### [Problem requirements]
Your task is to give the number of lines in the listing that include "ArrayFits", and nothing else.

####################

// An array of strings that is lent.
ghost use Rattle.std.specs.Prelude.{◌≡◌, length};
ghost use Rattle.text.specs.Buffer.{put};
ghost use Rattle.text.specs.Replies.{outcome};
ghost use Rattle.writer.specs.Array.{payload};
ghost use Rattle.writer.specs.Replies.{measured_payload};
ghost use Rattle.store.specs.Stages.{array_lent, ArrayFits};

use text::error::MatError;
use writer::string_object::{encode_string_saveobj_payload, measure_payload};

// Its dimensions, and a text of which the spans name the strings.
#[derive(Clone, Copy, Debug)]
pub struct StringArray<'a> {
    pub dims: &'a [u64],
    pub text: &'a [u8],
    pub spans: &'a [u64],
}

impl StringArray<'_> {
    // Checks 30 to 32, and the words of its payload.
    pub(crate) fn measure(self) -> Result<usize, MatError>
        ensures { let a = self.entry in outcome result ≡ measured_payload a.dims.now a.text.now a.spans.now }
    {
        measure_payload(self.dims, self.text, self.spans)
    }

    // Writes its payload into words from index start on, where it fits.
    pub(crate) fn put(self, words: &mut [u64], start: usize)
        requires { ArrayFits self start (length words.old) }
        ensures { words.new ≡ put words.old start (payload (array_lent self.entry)) }
    {
        let _ = encode_string_saveobj_payload(
            self.dims,
            self.text,
            self.spans,
            &mut words[start..],
        );
    }
}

####################

### [Solved exercise]
2